I'am faced with a strange problem and I can't find a way out. Here it is:
We observe data $X(t)$ that depends on the time $t$. We make these observations at given times $t_0, \cdots, t_n$ for a $n \in \mathbb{N}$. At each of these times, we check if the data are normal using a normality test (Anderson-Darling, Shapiro-Wilk, D'Agostino) to make a capability study, i.e. to compute a Ppk (process performance index). The problem is that we observe normality for $X(t_0), \cdots, X(t_{k-1})$, no normality for $X(t_k)$ and again normality for $X(t_{k+1}),\cdots, X(t_n)$ for $0 < k < n$. Let us call $\mu_i$ and $\sigma_i$ the mean respectively the standard deviation of $X(t_i)$ for $i \in \{0,\cdots,n\}$. I observed $\mu_{k+1} < \mu_k < \mu_{k-1}$ and $\sigma_{k+1} < \sigma_k < \sigma_{k-1}$, letting me assume that the Ppk at time $t_k$ has to be somewhere between the one at $t_{k-1}$ and at $t_{k+1}$.
I was also thinking of showing that $(X(t))_{t \in \mathbb{R}}$ is a stochastic Gaussian process, but I suppose if I don't have normality at every step I cannot assume it.
Does anyone know how to get around this problem?
P.S: The definition I used for the Ppk is the following: $$ Ppk = \min\left( \frac{\mu-LSL}{3\sigma},\frac{USL - \mu}{3\sigma}\right), $$ where $USL$ and $LSL$ mean respectively upper specification limit and lower specification limit and are given.
How confident are you that $X(t_k)$ really is that unusual?
If you test $100$ different normal distributions for normality, the $p$-values will be $100$ different uniformly sampled values from $[0,1]$. As a result, you expect that, on average, $5$ of them will randomly happen to be significant at the $0.05$ level, and $1$ of them will randomly happen to be significant at the $0.01$ level. This does not mean that one of them is not normal - it is a natural result of doing $100$ null hypothesis tests.
So if the only reason you have of being suspicious of $X(t_k)$ is that it has a fairly low $p$-value, then you should probably stop being suspicious of it. The likeliest explanation is that you have a normal distribution at every time step, and at time $t_k$ it just happened to produce not-very-normal-looking data.
If your response is, "But $X(t_k)$ had a really really low $p$-value!!" then we can try to do some meta-analysis of the $p$-values to see how unusual it is that you'd get one that low over $n$ time steps. This is an entire statistical field that can't be summarized in a single answer.

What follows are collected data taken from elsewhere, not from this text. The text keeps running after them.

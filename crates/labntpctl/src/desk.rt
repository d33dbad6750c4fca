//! Gives a clerk the host, the configuration of labntpd, and ways to ask, to print, and to show names, dates and faults.

use crate::commands_file::{Loaded, new_for_owner};
use jiff::Timestamp;
use labntpd_files::{Configuration, Endpoint, Found, Listen, Text, is_name};
use labntpd_start::{StartLines, configuration_at, start_lines};
use ntp_admin::{Escaped, Status, failed_status, memory_status, write_status};
use ntp_clerk::{Dotted, may_be_renewed};
use ntp_host::{pause, read_regular_file, read_shared_file};
use ntp_mac::{Algorithm, Key};
use ntp_query::{NTP_PORT, Server};
use ntp_service::Address;
use std::alloc::{AllocError, AllocFailed, Global};
use std::fmt::{self, Display};
use std::io::{self, BufRead, BufReader, BufWriter, ErrorKind, Read, Stderr, Stdout, Write};
use std::os::unix::fs::MetadataExt;
use std::random::RandomSource;
use std::time::SystemTime;
use std::{env, fs};

/// The most octets of a file in which labntpd reports, and of a capture file.
pub const MOST_REPORTED_OCTETS: u32 = 268_435_456;

/// The address that stands for all addresses of a host.
pub const ANY: Address = Address([0, 0, 0, 0]);

/// The characters of a key that is text, one for each value of six bits.
const CHARACTERS: &[u8; 64] = b"ABCDEFGHIJKLMNOPQRSTUVWXYZabcdefghijklmnopqrstuvwxyz0123456789_-";

/// The form of dates in tables.
pub const SIGNED_FORM: &str = "%a, %d %b %Y %H:%M:%S GMT";

/// The form of the times of records.
pub const RECORD_FORM: &str = "%Y-%m-%dT%H:%M:%SZ";

/// The reason why the work stops before it is done.
#[derive(Clone, Copy)]
pub enum Stop {
    /// Memory ran out.
    Memory,
    /// The reason was printed. The exit status.
    Printed(Status),
}

impl From<Status> for Stop {
    fn from(status: Status) -> Stop {
        Stop::Printed(status)
    }
}

impl From<AllocError> for Stop {
    fn from(_error: AllocError) -> Stop {
        Stop::Memory
    }
}

impl<T: Drop> From<AllocFailed<T>> for Stop {
    fn from(_failed: AllocFailed<T>) -> Stop {
        Stop::Memory
    }
}

/// The host. Results go to standard output, and each fault to standard error in a line.
#[derive(Clone, Copy)]
pub struct Desk<'a> {
    pub rt: &'a HostRuntime,
}

impl<'a> Desk<'a> {
    /// Returns the allocator.
    pub fn alloc(self) -> Global {
        self.rt.alloc()
    }

    /// Returns where faults are printed.
    pub fn faults(self) -> StartLines<Stderr> {
        start_lines(self.rt)
    }

    /// Returns standard output with a buffer.
    pub fn buffered_output(self) -> Result<BufWriter<Stdout>, Stop> {
        let out = BufWriter::new(self.alloc(), self.rt.stdout());
        self.at("standard output", out)
    }

    /// Returns the time, in seconds since 1970.
    pub fn now(self) -> Option<u64> {
        seconds_of(SystemTime::now(self.rt).ok()?)
    }

    /// Returns the time in a form of strftime(3); `no-date` where the clock shows none from 1970 to 9999.
    pub fn time(self, form: &'static str) -> Result<String, AllocError> {
        match self.now().and_then(|now| date(self.alloc(), now, form)) {
            Some(date) => Ok(date),
            None => format!(in self.alloc(); "no-date"),
        }
    }

    /// Returns when the file at a path was last written, in seconds since 1970, if it is there.
    pub fn written_at(self, path: &str) -> Option<u64> {
        seconds_of(fs::metadata(self.rt, path).ok()?.modified().ok()?)
    }

    /// Returns the login name of the clerk, or the number of the process's user where no name is known (proc(5)).
    pub fn user(self) -> Result<String, Stop> {
        for variable in ["SUDO_USER", "USER"] {
            match env::var(self.rt, variable) {
                Ok(name) if is_name(name.as_str()) => return Ok(name),
                _ => {}
            }
        }
        let own = self.at("/proc/self", fs::metadata(self.rt, "/proc/self"))?;
        Ok(format!(in self.alloc(); "{}", own.uid())?)
    }

    /// Returns a key of 20 random octets: 160 random bits, or 120 where each is one of `CHARACTERS`.
    pub fn random_key(self, algorithm: Algorithm, is_text: bool) -> Result<Key, Stop> {
        let mut octets = [0; 20];
        self.at("random octets", self.rt.fill_bytes(&mut octets))?;
        if is_text {
            octets = octets.map(|octet| CHARACTERS[usize::from(octet % 64)]);
        }
        Ok(Key::new(algorithm, &octets).unwrap())
    }

    /// Returns the exit status of work, and reports want of memory.
    pub fn status(self, done: Result<(), Stop>) -> Status {
        match done {
            Ok(()) => Status::Done,
            Err(Stop::Memory) => memory_status(&mut self.faults()),
            Err(Stop::Printed(status)) => status,
        }
    }

    /// Prints to standard output.
    pub fn print<D: Display + Drop>(self, text: D) -> Result<(), Stop> {
        self.printed(write!(self.rt.stdout(), "{text}"))
    }

    /// Returns what came of a write to standard output, or reports that it failed.
    pub fn printed(self, done: io::Result<()>) -> Result<(), Stop> {
        done.map_err(|_| Stop::Printed(write_status(&mut self.faults())))
    }

    /// Asks a question, and stops the work where the next line of standard input is no yes of at most 16 octets, with its line feed.
    pub fn ask<D: Display + Drop>(self, question: D) -> Result<(), Stop> {
        self.print(question)?;
        let input = self.rt.stdin().take(17);
        let mut input = self.at("standard input", BufReader::new(self.alloc(), input))?;
        let mut said = Vec::new(self.alloc());
        self.at("standard input", input.read_until(b'\n', &mut said))?;
        match said.as_slice().trim_ascii() {
            b"y" | b"Y" | b"yes" | b"Yes" if said.len() <= 16 => Ok(()),
            _ => Err(Stop::Printed(Status::TextFaulty)),
        }
    }

    // Makes a file at `wanted`, and waits until labntpd has written the file at `path` anew, for 1.5 seconds at most.
    fn wait_for_renewal(self, path: &str, wanted: &str) {
        let before = node_at(self, path);
        if new_for_owner(self.rt, wanted).is_err() {
            return;
        }
        for _ in 0..150 {
            pause(10);
            if node_at(self, path) != before {
                break;
            }
        }
        // labntpd leaves it where it writes for another reason.
        let _ = fs::remove_file(self.rt, wanted);
    }

    /// Reports why something is refused.
    pub fn refusal<D: Display + Drop>(self, why: D) -> Stop {
        let _ = writeln!(self.faults(), "{why}");
        Stop::Printed(Status::TextFaulty)
    }

    /// Reports what is wrong with the file at a path.
    pub fn refusal_at<D: Display + Drop>(self, path: &str, why: D) -> Stop {
        self.refusal(format_args!("{}: {why}", Escaped(path)))
    }

    /// Reports what failed at the file at a path.
    pub fn failure_at<D: Display + Drop>(self, path: &str, why: D) -> Stop {
        let _ = self.refusal_at(path, why);
        Stop::Printed(Status::IoFailed)
    }

    /// Returns what the system gave for something with this name, or reports its error.
    pub fn at<T>(self, name: &str, given: io::Result<T>) -> Result<T, Stop> {
        given.map_err(|error| Stop::Printed(failed_status(name, &error, &mut self.faults())))
    }

    /// Reads the regular file at a path, of at most `most` octets.
    pub fn octets(self, path: &str, most: u32) -> Result<Vec<u8>, Stop> {
        let read = read_regular_file(self.rt, self.alloc(), path, most);
        self.judged(path, most, read)
    }

    // Returns what was read of the file at a path, once it has at most `most` octets.
    fn judged(self, path: &str, most: u32, read: io::Result<Vec<u8>>) -> Result<Vec<u8>, Stop> {
        let octets = self.at(path, read)?;
        if octets.len() > most as usize {
            return Err(self.refusal_at(path, format_args!("at most {most} octets are wanted")));
        }
        Ok(octets)
    }

    /// Returns the text that the octets of the file at a path are.
    pub fn text(self, path: &str, octets: Vec<u8>) -> Result<String, Stop> {
        String::from_utf8(octets).map_err(|_| self.refusal_at(path, "this is no UTF-8"))
    }
}

/// A clerk who works by the configuration of labntpd.
#[derive(Drop)]
pub struct Clerk<'a> {
    pub desk: Desk<'a>,
    /// The path of the configuration file.
    pub config: &'a str,
    pub configuration: Configuration,
}

impl<'a> Clerk<'a> {
    /// Reads the configuration file at a path.
    pub fn new(desk: Desk<'a>, config: &'a str) -> Result<Clerk<'a>, Stop> {
        Ok(Clerk {
            desk,
            config,
            configuration: configuration_at(desk.rt, desk.alloc(), config, &mut desk.faults())?,
        })
    }

    /// Returns the path of the commands file.
    pub fn commands(&self) -> &str {
        self.configuration.commands.as_str()
    }

    /// Reads the commands file.
    pub fn load(&self) -> Result<Loaded, Stop> {
        Loaded::at(self.desk, self.commands())
    }

    /// Returns where customers ask, if the configuration says it: at `served_as`, else where labntpd listens.
    pub fn server(&self) -> Option<Server> {
        let (served, port) = (self.configuration.served_as, self.port());
        let named = served.map(|address| Server { address, port });
        named.or(self.listening())
    }

    /// Returns where labntpd listens, if its configuration says it.
    pub fn listening(&self) -> Option<Server> {
        let port = self.port();
        match self.configuration.listen {
            Listen::Bound(Endpoint { address, .. }) if address != ANY => {
                Some(Server { address, port })
            }
            _ => None,
        }
    }

    /// Returns the port at which labntpd listens; that of NTP where its socket is handed down.
    pub fn port(&self) -> u16 {
        match self.configuration.listen {
            Listen::Bound(endpoint) => endpoint.port.get(),
            Listen::Inherited => NTP_PORT,
        }
    }

    /// Reads a file in which labntpd reports, if it is named and there.
    pub fn reported(&self, path: &Option<Text>) -> Result<Option<String>, Stop> {
        let Some(path) = path else {
            return Ok(None);
        };
        let (desk, path, most) = (self.desk, path.as_str(), MOST_REPORTED_OCTETS);
        match read_shared_file(desk.rt, desk.alloc(), path, most) {
            Err(error) if error.kind() == ErrorKind::NotFound => Ok(None),
            read => Ok(Some(desk.text(path, desk.judged(path, most, read)?)?)),
        }
    }

    /// Has labntpd write its customers file anew, by a file beside it, and waits until that is done. Warns of an old one.
    pub fn renew_customers(&self) -> Result<(), AllocError> {
        let (desk, path) = (self.desk, self.configuration.customers.as_ref());
        let path = path.map_or("", |path| path.as_str());
        let (Some(written), Some(now)) = (desk.written_at(path), desk.now()) else {
            return Ok(());
        };
        if !may_be_renewed(written, now) {
            let (path, age) = (Escaped(path), now.saturating_sub(written));
            let why = "labntpd, where it serves, writes it each minute";
            let _ = writeln!(desk.faults(), "warning: {path}: {age} seconds old: {why}");
            return Ok(());
        }
        let wanted = format!(in desk.alloc(); "{path}.wanted")?;
        desk.wait_for_renewal(path, wanted.as_str());
        Ok(())
    }

    /// Reports why something is refused at the commands file.
    pub fn refusal<D: Display + Drop>(&self, why: D) -> Stop {
        self.desk.refusal_at(self.commands(), why)
    }
}

// Returns which file stands at a path, if one does.
fn node_at(desk: Desk<'_>, path: &str) -> Option<u64> {
    Some(fs::metadata(desk.rt, path).ok()?.ino())
}

/// An address with its name, if it has one.
#[derive(Clone, Copy)]
pub struct Named<'a>(pub Address, pub &'a str);

impl<'a> Display for Named<'a> {
    fn fmt<W: fmt::Write>(&self, f: &mut fmt::Formatter<W>) -> fmt::Result {
        match *self {
            Named(address, "") => write!(f, "{}", Dotted(address)),
            Named(address, name) => write!(f, "{} ({name})", Dotted(address)),
        }
    }
}

/// Returns the date of a time in seconds since 1970, with decimals or without; the seconds where they are no date.
pub fn signed_date(alloc: Global, seconds: &str) -> Result<String, AllocError> {
    match whole_seconds(seconds).and_then(|whole| date(alloc, whole, SIGNED_FORM)) {
        Some(date) => Ok(date),
        None => format!(in alloc; "{}", Escaped(seconds)),
    }
}

// Returns a time in seconds since 1970.
fn seconds_of(time: SystemTime) -> Option<u64> {
    Some(time.duration_since(SystemTime::UNIX_EPOCH).ok()?.as_secs())
}

/// Returns the whole seconds of a count with decimals or without, if it is one.
pub fn whole_seconds(seconds: &str) -> Option<u64> {
    let whole = seconds.split_once('.').map_or(seconds, |(whole, _)| whole);
    whole.parse::<u64>().ok()
}

/// Returns the date of a time in seconds since 1970, in a form of strftime(3); nothing where it is no date, or memory runs out.
pub fn date(alloc: Global, seconds: u64, form: &'static str) -> Option<String> {
    let time = Timestamp::from_second(i64::try_from(seconds).ok()?).ok()?;
    time.strftime(alloc, form).ok()
}

/// What was found in a file, with the number of its line, if it has one.
#[derive(Clone, Copy)]
pub struct FoundAt<'a>(pub &'a Found);

impl<'a> Display for FoundAt<'a> {
    fn fmt<W: fmt::Write>(&self, f: &mut fmt::Formatter<W>) -> fmt::Result {
        let Found { line, text } = self.0;
        match line {
            Some(line) => write!(f, "line {line}: {text}"),
            None => write!(f, "{text}"),
        }
    }
}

But one conservative test is: if you are testing things at, say, a $0.01$ significance level, but your only reason to suspect $X(t_k)$ is that it had the lowest $p$-value out of $n$ time steps, then you should be comparing that $p$-value to $\frac{0.01}{n}$ instead. The probability that the most extreme $p$-value after you've done $n$ tests is less than $\frac{0.01}{n}$ is equal to $$1 - \left(1 - \frac{0.01}{n}\right)^n$$ which for any value of $n$ is somewhere between $0.01$ and $0.00995$. So if your most extreme $p$-value is less than $0.01$ but bigger than $\frac{0.01}{n}$, that's not really a reason to suspect $X(t_k)$ of not being normal. If, on the other hand, you got a $p$-value of less than $\frac{0.01}{n}$, then that's suspiciously low even for the most extreme of your $p$-values.